**What to do**:
Look through the listing below and report the lines that have the word "BeginRefusal" in them.

**Recorded data**:

=-=-=-=-=

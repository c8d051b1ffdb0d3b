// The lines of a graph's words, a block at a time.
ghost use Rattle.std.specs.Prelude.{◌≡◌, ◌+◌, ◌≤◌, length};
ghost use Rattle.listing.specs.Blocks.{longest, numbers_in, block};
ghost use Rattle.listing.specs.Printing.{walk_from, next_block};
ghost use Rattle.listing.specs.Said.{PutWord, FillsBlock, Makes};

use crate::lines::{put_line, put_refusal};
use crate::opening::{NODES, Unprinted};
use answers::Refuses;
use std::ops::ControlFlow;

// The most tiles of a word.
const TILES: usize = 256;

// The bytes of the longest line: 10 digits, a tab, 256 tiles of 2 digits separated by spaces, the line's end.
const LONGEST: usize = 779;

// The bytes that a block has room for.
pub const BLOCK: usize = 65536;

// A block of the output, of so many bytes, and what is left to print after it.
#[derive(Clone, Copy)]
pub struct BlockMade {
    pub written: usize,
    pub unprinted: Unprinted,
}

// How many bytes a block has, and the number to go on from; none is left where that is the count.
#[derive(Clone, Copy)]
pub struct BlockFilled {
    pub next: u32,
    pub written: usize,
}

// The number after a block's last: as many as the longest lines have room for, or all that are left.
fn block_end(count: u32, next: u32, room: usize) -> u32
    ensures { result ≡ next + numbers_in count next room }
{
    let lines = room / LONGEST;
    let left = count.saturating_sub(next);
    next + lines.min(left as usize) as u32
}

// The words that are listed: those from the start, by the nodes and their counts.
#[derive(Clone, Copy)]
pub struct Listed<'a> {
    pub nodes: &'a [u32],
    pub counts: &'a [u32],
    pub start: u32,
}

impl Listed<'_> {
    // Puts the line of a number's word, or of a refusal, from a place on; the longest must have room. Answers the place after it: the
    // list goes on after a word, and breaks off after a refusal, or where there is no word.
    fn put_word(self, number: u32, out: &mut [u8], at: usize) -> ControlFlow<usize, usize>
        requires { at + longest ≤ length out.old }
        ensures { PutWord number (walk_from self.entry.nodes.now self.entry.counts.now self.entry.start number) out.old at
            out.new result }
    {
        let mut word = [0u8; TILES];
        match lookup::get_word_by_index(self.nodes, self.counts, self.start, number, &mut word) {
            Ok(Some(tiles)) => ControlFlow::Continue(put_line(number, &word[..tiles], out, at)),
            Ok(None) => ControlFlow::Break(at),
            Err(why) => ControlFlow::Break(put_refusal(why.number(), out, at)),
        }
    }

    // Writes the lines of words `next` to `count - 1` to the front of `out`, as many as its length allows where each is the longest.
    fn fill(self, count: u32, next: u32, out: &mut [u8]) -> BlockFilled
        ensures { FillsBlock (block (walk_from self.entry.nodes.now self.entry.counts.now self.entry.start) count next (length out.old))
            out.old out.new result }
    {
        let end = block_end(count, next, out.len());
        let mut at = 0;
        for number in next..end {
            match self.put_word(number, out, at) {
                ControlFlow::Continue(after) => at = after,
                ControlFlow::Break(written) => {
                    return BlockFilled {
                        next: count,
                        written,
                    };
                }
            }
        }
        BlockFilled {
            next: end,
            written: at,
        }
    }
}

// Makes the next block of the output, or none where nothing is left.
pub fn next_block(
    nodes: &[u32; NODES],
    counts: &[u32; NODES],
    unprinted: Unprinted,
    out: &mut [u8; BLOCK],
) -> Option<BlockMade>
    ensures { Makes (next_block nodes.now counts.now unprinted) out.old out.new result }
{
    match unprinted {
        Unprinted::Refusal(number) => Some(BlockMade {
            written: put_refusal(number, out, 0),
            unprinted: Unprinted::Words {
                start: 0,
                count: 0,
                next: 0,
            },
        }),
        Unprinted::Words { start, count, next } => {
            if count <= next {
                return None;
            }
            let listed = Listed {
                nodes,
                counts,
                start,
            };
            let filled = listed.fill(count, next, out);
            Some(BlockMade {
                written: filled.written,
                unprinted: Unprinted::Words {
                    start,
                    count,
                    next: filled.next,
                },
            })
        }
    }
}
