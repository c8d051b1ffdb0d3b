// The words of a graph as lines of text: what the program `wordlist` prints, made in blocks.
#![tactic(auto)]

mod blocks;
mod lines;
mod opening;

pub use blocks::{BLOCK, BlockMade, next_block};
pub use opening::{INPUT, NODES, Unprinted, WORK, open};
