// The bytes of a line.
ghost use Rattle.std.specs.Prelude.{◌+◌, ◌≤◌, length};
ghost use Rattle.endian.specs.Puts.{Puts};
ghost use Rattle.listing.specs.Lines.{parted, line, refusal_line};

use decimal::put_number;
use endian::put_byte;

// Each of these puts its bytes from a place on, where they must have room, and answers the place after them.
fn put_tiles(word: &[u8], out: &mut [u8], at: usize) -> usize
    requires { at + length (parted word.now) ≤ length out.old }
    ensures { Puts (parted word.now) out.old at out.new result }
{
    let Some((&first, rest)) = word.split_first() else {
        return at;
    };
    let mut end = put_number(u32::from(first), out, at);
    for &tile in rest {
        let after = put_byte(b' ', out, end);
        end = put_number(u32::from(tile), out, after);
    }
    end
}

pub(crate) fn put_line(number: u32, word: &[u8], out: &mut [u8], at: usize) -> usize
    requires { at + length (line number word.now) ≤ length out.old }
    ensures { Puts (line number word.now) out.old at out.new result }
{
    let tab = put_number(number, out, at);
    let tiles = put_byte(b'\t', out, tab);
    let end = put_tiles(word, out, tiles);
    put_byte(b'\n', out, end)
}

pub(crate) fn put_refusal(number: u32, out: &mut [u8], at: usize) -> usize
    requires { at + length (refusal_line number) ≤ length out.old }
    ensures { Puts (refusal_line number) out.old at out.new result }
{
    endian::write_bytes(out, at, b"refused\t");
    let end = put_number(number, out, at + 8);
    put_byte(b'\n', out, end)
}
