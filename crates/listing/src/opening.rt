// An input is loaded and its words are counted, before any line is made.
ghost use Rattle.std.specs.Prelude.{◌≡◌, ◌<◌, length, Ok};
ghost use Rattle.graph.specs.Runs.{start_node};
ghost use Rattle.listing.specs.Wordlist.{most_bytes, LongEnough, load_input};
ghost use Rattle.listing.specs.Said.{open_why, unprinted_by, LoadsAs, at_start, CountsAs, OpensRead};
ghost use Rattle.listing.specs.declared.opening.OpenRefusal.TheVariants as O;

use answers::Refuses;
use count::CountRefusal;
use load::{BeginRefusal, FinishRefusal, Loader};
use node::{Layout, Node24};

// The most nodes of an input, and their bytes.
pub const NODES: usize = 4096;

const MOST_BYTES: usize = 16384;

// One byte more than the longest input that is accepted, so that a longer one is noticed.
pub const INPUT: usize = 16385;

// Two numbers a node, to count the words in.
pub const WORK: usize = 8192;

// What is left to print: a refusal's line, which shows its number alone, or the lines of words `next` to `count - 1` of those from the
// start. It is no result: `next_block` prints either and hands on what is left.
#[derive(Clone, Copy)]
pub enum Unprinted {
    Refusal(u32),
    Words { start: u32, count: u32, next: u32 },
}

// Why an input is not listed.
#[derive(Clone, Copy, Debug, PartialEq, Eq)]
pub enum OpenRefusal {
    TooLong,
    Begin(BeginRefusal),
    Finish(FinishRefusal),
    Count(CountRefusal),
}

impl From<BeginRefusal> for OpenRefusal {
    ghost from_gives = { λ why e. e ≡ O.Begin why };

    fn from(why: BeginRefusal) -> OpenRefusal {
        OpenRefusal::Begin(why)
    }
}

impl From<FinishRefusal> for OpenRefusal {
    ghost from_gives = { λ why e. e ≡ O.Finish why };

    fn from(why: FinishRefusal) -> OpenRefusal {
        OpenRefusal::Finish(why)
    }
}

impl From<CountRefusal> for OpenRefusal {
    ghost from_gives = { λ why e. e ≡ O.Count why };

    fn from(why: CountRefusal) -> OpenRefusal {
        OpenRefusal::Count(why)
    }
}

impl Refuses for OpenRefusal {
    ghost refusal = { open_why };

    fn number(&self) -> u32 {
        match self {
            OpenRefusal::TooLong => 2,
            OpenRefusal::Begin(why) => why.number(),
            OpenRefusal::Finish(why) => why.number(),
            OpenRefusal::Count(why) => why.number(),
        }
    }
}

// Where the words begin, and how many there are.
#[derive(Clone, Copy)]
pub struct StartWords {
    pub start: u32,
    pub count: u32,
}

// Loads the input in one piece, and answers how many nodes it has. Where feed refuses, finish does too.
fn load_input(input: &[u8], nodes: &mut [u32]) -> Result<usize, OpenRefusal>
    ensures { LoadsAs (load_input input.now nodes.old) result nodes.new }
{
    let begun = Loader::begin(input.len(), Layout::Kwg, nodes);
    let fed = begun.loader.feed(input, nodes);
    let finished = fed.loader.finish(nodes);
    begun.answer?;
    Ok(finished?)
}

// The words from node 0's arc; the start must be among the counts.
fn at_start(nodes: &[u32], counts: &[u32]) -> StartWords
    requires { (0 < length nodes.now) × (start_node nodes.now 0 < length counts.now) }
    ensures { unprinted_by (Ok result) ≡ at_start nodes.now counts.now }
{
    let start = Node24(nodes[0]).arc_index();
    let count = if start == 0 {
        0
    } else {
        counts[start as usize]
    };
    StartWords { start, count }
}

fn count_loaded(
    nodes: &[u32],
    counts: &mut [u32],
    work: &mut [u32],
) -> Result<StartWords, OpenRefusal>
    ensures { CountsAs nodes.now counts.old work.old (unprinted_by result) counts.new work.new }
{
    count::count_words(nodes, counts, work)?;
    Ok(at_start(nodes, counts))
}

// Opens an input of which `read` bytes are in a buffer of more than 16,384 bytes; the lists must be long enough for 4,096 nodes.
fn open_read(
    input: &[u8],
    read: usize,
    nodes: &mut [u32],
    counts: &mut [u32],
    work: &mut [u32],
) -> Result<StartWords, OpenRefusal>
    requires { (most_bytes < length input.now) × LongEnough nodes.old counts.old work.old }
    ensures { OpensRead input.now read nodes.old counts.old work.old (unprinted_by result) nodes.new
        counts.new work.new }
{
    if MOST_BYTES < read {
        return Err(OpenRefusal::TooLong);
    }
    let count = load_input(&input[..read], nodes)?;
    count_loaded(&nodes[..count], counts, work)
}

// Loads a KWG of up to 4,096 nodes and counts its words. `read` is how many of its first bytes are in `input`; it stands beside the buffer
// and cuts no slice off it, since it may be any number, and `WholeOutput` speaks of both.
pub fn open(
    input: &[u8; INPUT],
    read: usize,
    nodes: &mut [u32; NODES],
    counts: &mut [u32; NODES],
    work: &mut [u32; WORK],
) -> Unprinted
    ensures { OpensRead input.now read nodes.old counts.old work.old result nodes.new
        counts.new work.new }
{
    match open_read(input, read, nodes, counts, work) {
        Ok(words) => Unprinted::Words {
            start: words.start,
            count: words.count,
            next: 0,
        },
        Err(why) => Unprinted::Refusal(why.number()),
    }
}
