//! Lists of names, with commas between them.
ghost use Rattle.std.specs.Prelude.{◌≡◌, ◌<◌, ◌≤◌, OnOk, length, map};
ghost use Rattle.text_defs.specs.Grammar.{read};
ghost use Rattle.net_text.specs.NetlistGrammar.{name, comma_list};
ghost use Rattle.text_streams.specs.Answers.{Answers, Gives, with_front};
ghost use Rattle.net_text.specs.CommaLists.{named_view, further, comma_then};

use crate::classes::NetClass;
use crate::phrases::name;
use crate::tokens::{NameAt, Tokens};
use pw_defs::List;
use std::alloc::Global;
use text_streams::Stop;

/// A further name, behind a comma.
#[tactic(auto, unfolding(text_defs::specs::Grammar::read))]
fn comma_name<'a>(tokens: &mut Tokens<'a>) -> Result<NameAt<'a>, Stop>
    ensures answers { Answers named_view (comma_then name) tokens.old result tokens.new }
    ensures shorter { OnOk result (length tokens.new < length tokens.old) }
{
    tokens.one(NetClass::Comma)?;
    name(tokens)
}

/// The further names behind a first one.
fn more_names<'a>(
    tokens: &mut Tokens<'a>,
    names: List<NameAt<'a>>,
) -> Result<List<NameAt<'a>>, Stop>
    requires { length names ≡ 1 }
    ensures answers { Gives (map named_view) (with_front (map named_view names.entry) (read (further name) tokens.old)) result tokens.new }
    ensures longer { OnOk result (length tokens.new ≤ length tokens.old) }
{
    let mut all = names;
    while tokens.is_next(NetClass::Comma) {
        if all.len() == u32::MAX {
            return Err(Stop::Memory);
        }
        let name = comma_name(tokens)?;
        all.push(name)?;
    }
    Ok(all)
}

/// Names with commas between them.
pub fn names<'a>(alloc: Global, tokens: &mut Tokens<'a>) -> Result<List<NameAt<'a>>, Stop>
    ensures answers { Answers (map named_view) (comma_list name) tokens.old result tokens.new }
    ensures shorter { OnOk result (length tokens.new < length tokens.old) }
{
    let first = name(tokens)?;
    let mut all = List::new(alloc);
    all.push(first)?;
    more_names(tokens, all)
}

=-=-=-=-=

**Result for this exercise**:
use load::{BeginRefusal, FinishRefusal, Loader};
    Begin(BeginRefusal),
impl From<BeginRefusal> for OpenRefusal {
    fn from(why: BeginRefusal) -> OpenRefusal {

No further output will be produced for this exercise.